Jean Hersholt, Fay Wray, Walter Wookf King, Astrid Allwyn, Bryn Ryan, Schuyler Standish, Maude Eburne.
Directed by Erle C Kenton.
This is one of six films in a series focusing on a kindly doctor, with a touch of the detective, who lives in the town of Rivers End, Minnesota. He is Dr Christian. And he is played by veteran actor, Jean Hersholt (after whom the humanities award of the American Academy is named).
As can be seen from the title, this is a film about music.
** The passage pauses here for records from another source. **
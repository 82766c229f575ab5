//! What a report says of a certificate that is accepted.

ghost use Rattle.std.specs.Prelude.{◌≡◌, ◌++◌, ◌∷◌, ◌==◌, ◌&&◌, [], map, not, is_some, if◌then◌else◌, IfOk, OnOk};
ghost use Rattle.td_certificate.specs.Questions.{holds_none, is_at_once};
ghost use Rattle.td_certificate.specs.Plain.{has_level};
ghost use Rattle.td_certificate.specs.declared.question.Version.TheVariants as of_version;
ghost use Rattle.td_certificate.specs.Spelling.{DefaultField, OutputField, FirstField, SecondField, HoldField, FlipsField, AtField, KeepField, fields_of};
ghost use Rattle.td_lines.specs.declared.line.Line.TheVariants as line;
ghost use Rattle.td_answer.specs.Claims.{accepted_line, claimed_line, field_line, told_line, question_lines, claim_lines};

use crate::pins::{marks, trits};
use std::alloc::{AllocError, Global};
use td_certificate::{Certificate, Claim, Question, Terms, Version, conditions_text};
use td_lines::{Label, Line, Moments, Report};

/// The line of the time of an accepted certificate, and of its other moment where that is another
/// one.
fn accepted_line(time: u64, high: u64) -> Line
    ensures { result ≡ accepted_line time high }
{
    if time == high {
        return Line::Accepted(time);
    }
    Line::AcceptedBetween { time, high }
}

/// The line of what an accepted certificate claims.
fn claimed_line(claim: &Option<Claim>) -> Line
    ensures { result ≡ claimed_line claim.now }
{
    match claim {
        None => Line::AcceptedNone,
        Some(claim) => accepted_line(claim.time, claim.high),
    }
}

/// Whether a row of trits has a level.
fn has_level(row: &str) -> bool
    ensures { result ≡ has_level row.now }
{
    row.bytes().any(|byte| byte == b'0' || byte == b'1')
}

/// Whether no input is held.
fn holds_none(held: &[bool]) -> bool
    ensures { result ≡ holds_none held.now }
{
    held.iter().all(|held| !*held)
}

/// Whether all inputs change at moment 0.
fn is_at_once(moments: &[u64]) -> bool
    ensures { result ≡ is_at_once moments.now }
{
    moments.iter().all(|moment| *moment == 0)
}

/// The line of the moments of inputs.
fn moments_line(alloc: Global, question: &Question) -> Result<Line, AllocError>
    ensures { IfOk result (λ line. line ≡ field_line question.now AtField) }
{
    let moments = Vec::from_slice(alloc, question.moments())?;
    Ok(Line::At(Moments::new(moments)))
}

/// Appends which pairs are admitted.
fn push_pins(alloc: Global, report: &mut Report, question: &Question) -> Result<(), AllocError>
    ensures { OnOk result (report.new ≡ report.old ++ map (field_line question.now) (fields_of of_version.Second)) }
{
    let admit = question.admit();
    let first = trits(alloc, admit.pins(), false)?;
    let second = trits(alloc, admit.pins(), true)?;
    let held = marks(alloc, admit.held())?;
    report.four(
        Line::First(Label::new(first)),
        Line::Second(Label::new(second)),
        Line::Hold(Label::new(held)),
        Line::Flips(u64::from(admit.flips())),
    )
}

/// Appends which pairs are admitted, and when inputs change.
fn push_dated(alloc: Global, report: &mut Report, question: &Question) -> Result<(), AllocError>
    ensures { OnOk result (report.new ≡ report.old ++ map (field_line question.now) (fields_of of_version.Third)) }
{
    let line = moments_line(alloc, question)?;
    push_pins(alloc, report, question)?;
    report.add(line)
}

/// Appends the delays of gates that state none, where they aren't plain.
fn tell_default(report: &mut Report, terms: &Terms) -> Result<(), AllocError>
    ensures { OnOk result (report.new ≡ report.old ++
        (if not (terms.now.default.rise == 1 && terms.now.default.fall == 1) then line.Default terms.now.default.rise terms.now.default.fall ∷ [] else [])) }
{
    if terms.rise == 1 && terms.fall == 1 {
        return Ok(());
    }
    report.add(Line::Default {
        rise: u64::from(terms.rise),
        fall: u64::from(terms.fall),
    })
}

/// Appends which outputs are asked about, where some are.
fn tell_outputs(alloc: Global, report: &mut Report, terms: &Terms) -> Result<(), AllocError>
    ensures { OnOk result (report.new ≡ report.old ++
        (if is_some terms.now.outputs then line.OutputNumbers terms.now.outputs ∷ [] else [])) }
{
    match &terms.outputs {
        None => Ok(()),
        Some(numbers) => {
            let numbers = Vec::from_slice(alloc, numbers)?;
            report.add(Line::OutputNumbers(Some(Moments::new(numbers))))
        }
    }
}

/// Appends how the netlist is read, where that isn't plain.
fn tell_terms(alloc: Global, report: &mut Report, question: &Question) -> Result<(), AllocError>
    ensures { OnOk result (report.new ≡ report.old ++ (told_line question.now DefaultField ++ told_line question.now OutputField)) }
{
    match question.terms() {
        None => Ok(()),
        Some(terms) => {
            tell_default(report, terms)?;
            tell_outputs(alloc, report, terms)
        }
    }
}

/// Appends what is pinned in the first vector, where anything is.
fn tell_first(alloc: Global, report: &mut Report, question: &Question) -> Result<(), AllocError>
    ensures { OnOk result (report.new ≡ report.old ++ told_line question.now FirstField) }
{
    let row = trits(alloc, question.admit().pins(), false)?;
    if !has_level(&row) {
        return Ok(());
    }
    report.add(Line::First(Label::new(row)))
}

/// And in the second.
fn tell_second(alloc: Global, report: &mut Report, question: &Question) -> Result<(), AllocError>
    ensures { OnOk result (report.new ≡ report.old ++ told_line question.now SecondField) }
{
    let row = trits(alloc, question.admit().pins(), true)?;
    if !has_level(&row) {
        return Ok(());
    }
    report.add(Line::Second(Label::new(row)))
}

/// Appends which inputs are held, where any is.
fn tell_held(alloc: Global, report: &mut Report, question: &Question) -> Result<(), AllocError>
    ensures { OnOk result (report.new ≡ report.old ++ told_line question.now HoldField) }
{
    let held = question.admit().held();
    if holds_none(held) {
        return Ok(());
    }
    let row = marks(alloc, held)?;
    report.add(Line::Hold(Label::new(row)))
}

/// Appends at how many inputs bits may differ, where not at all.
fn tell_flips(report: &mut Report, question: &Question) -> Result<(), AllocError>
    ensures { OnOk result (report.new ≡ report.old ++ told_line question.now FlipsField) }
{
    let flips = question.admit().flips();
    if flips as usize == question.inputs() {
        return Ok(());
    }
    report.add(Line::Flips(u64::from(flips)))
}

/// Appends when inputs change, where one does later than at moment 0.
fn tell_moments(alloc: Global, report: &mut Report, question: &Question) -> Result<(), AllocError>
    ensures { OnOk result (report.new ≡ report.old ++ told_line question.now AtField) }
{
    if is_at_once(question.moments()) {
        return Ok(());
    }
    let line = moments_line(alloc, question)?;
    report.add(line)
}

/// Appends which conditions pairs keep, where there are any.
fn tell_keep(alloc: Global, report: &mut Report, question: &Question) -> Result<(), AllocError>
    ensures { OnOk result (report.new ≡ report.old ++ told_line question.now KeepField) }
{
    let keep = question.keep();
    if keep.is_empty() {
        return Ok(());
    }
    let row = conditions_text(alloc, keep)?;
    report.add(Line::Keep(Label::new(row)))
}

/// Appends what a certificate of the fourth version is about, where it isn't plain.
fn tell_all(alloc: Global, report: &mut Report, question: &Question) -> Result<(), AllocError>
    ensures { OnOk result (report.new ≡ report.old ++ question_lines of_version.Fourth question.now) }
{
    tell_terms(alloc, report, question)?;
    tell_first(alloc, report, question)?;
    tell_second(alloc, report, question)?;
    tell_held(alloc, report, question)?;
    tell_flips(report, question)?;
    tell_moments(alloc, report, question)?;
    tell_keep(alloc, report, question)
}

/// Appends the lines that say what a certificate is about, as its text of this version has them.
pub(crate) fn push_question(
    alloc: Global,
    report: &mut Report,
    version: Version,
    question: &Question,
) -> Result<(), AllocError>
    ensures { OnOk result (report.new ≡ report.old ++ question_lines version question.now) }
{
    match version {
        Version::First => Ok(()),
        Version::Second => push_pins(alloc, report, question),
        Version::Third => push_dated(alloc, report, question),
        Version::Fourth => tell_all(alloc, report, question),
    }
}

/// The report of a certificate that is accepted: what it claims, and what it is about.
pub(crate) fn accepted(alloc: Global, certificate: &Certificate) -> Result<Report, AllocError>
    ensures { IfOk result (λ report. report ≡ claim_lines certificate.now) }
{
    let mut report = Report::new(alloc);
    report.add(claimed_line(&certificate.claim))?;
    push_question(
        alloc,
        &mut report,
        certificate.version(),
        &certificate.question,
    )?;
    Ok(report)
}
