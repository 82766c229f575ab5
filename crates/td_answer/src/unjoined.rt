//! Why the parts of a question aren't joined.

ghost use Rattle.std.specs.Prelude.{◌≡◌, ◌++◌, OnOk};
ghost use Rattle.td_answer.specs.Refusals.{two_text, one_text, gap_text, unjoined_text, other_question_text};

use crate::difference::Difference;
use crate::pins;
use std::alloc::AllocError;
use td_domain::Cube;
use td_join::JoinFault;
use td_lines::Text;

/// Two certificates that aren't joined, and why.
fn two(out: &mut Text, one: &str, other: &str, why: &[u8]) -> Result<(), AllocError>
    ensures { OnOk result (out.new ≡ out.old ++ two_text one.now other.now why.now) }
{
    out.word_behind(b"cannot join ", one)?;
    out.word_between(b" and ", other, b": ")?;
    out.push(why)
}

/// One that is joined with none, and why.
fn one(out: &mut Text, one: &str, why: &[u8]) -> Result<(), AllocError>
    ensures { OnOk result (out.new ≡ out.old ++ one_text one.now why.now) }
{
    out.word_between(b"", one, b": ")?;
    out.push(why)
}

/// The pins for which a part is missing.
fn gap(out: &mut Text, cube: &Cube) -> Result<(), AllocError>
    ensures { OnOk result (out.new ≡ out.old ++ gap_text cube.now) }
{
    out.push(b"no part for --first ")?;
    pins::push_trits(out, cube, false)?;
    out.push(b" --second ")?;
    pins::push_trits(out, cube, true)
}

/// Why certificates aren't joined, by the names of their files.
pub(crate) fn unjoined(out: &mut Text, fault: &JoinFault<&str>) -> Result<(), AllocError>
    ensures { OnOk result (out.new ≡ out.old ++ unjoined_text fault.now) }
{
    match fault {
        JoinFault::OutOfMemory => out.push(b"out of memory"),
        JoinFault::NoCertificate => out.push(b"no certificate"),
        JoinFault::OtherCircuit(this, that) => two(out, this, that, b"other circuits"),
        JoinFault::OtherHold(this, that) => two(out, this, that, b"other inputs held"),
        JoinFault::OtherFlips(this, that) => two(out, this, that, b"other flips"),
        JoinFault::OtherMoments(this, that) => two(out, this, that, b"other input times"),
        JoinFault::OtherTerms(this, that) => two(out, this, that, b"other terms"),
        JoinFault::Outside(this) => one(out, this, b"other pins"),
        JoinFault::Overlap(this, that) => two(out, this, that, b"a pair in both"),
        JoinFault::Crossed(this, that) => two(out, this, that, b"no position parts them"),
        JoinFault::Gap(cube) => gap(out, cube),
        JoinFault::FalseNone(this) => one(out, this, b"a leaf without a pair"),
    }
}

/// In what parts are of another question than the one that is asked.
pub(crate) fn other_question(out: &mut Text, difference: Difference) -> Result<(), AllocError>
    ensures { OnOk result (out.new ≡ out.old ++ other_question_text difference) }
{
    match difference {
        Difference::Hold => out.push(b"parts of another question: other inputs held"),
        Difference::Flips => out.push(b"parts of another question: other flips"),
        Difference::Moments => out.push(b"parts of another question: other input times"),
        Difference::Conditions => out.push(b"parts of another question: other conditions"),
    }
}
In River’s End, there is a skilful piano teacher, passing as a widow, who had married young, a famous music conductor who had abandoned her and her son. The son is quite a violin prodigy – well performed by Skyler Standish who did not follow-up in films but went on concert tours.
So, there is a lot of pathos about the music teacher, played by Fay Wray, and her place in the town, especially with other music students, including a boy who has no musical talent but is pushed by his parents. In the town, there is a rival teacher, Irene Ryan, who takes on everyone, is quite bombastic in her lessons and promotion. There is a concert for all the parents – with some terrible performances!
A plane crashes and who should be on board but the conductor. Dr Christian recognises him and organises the music teacher, who also serves as a nurse at the hospital, to come to tend him. He does recognise her and there is reflection on their past but he does not know that he has a son. In the meantime, the rival teacher has organised her students to do an audition for him in the hospital corridor, cacophonous diin. The mother has organised her son to audition for his father but it is interrupted by his manager who wants him to get to Chicago for rehearsals on time as well as to a woman who has presumed that she will marry him. Lots of emotional conflict – the teacher leaving town upset, the conductor phoning his wife with his son answering.
Dr Christian organises a visit to Chicago with the boy, goes on a tour of the television station (interesting to see the early development of television in the 1941 film), urges the boy to play the violin while the orchestra is rehearsing. He makes an extraordinary impression, leading to performance, Dr Christian and his mother present, happy ending.
While the running time is brief, there is quite a lot of orchestral music, especially Brahms.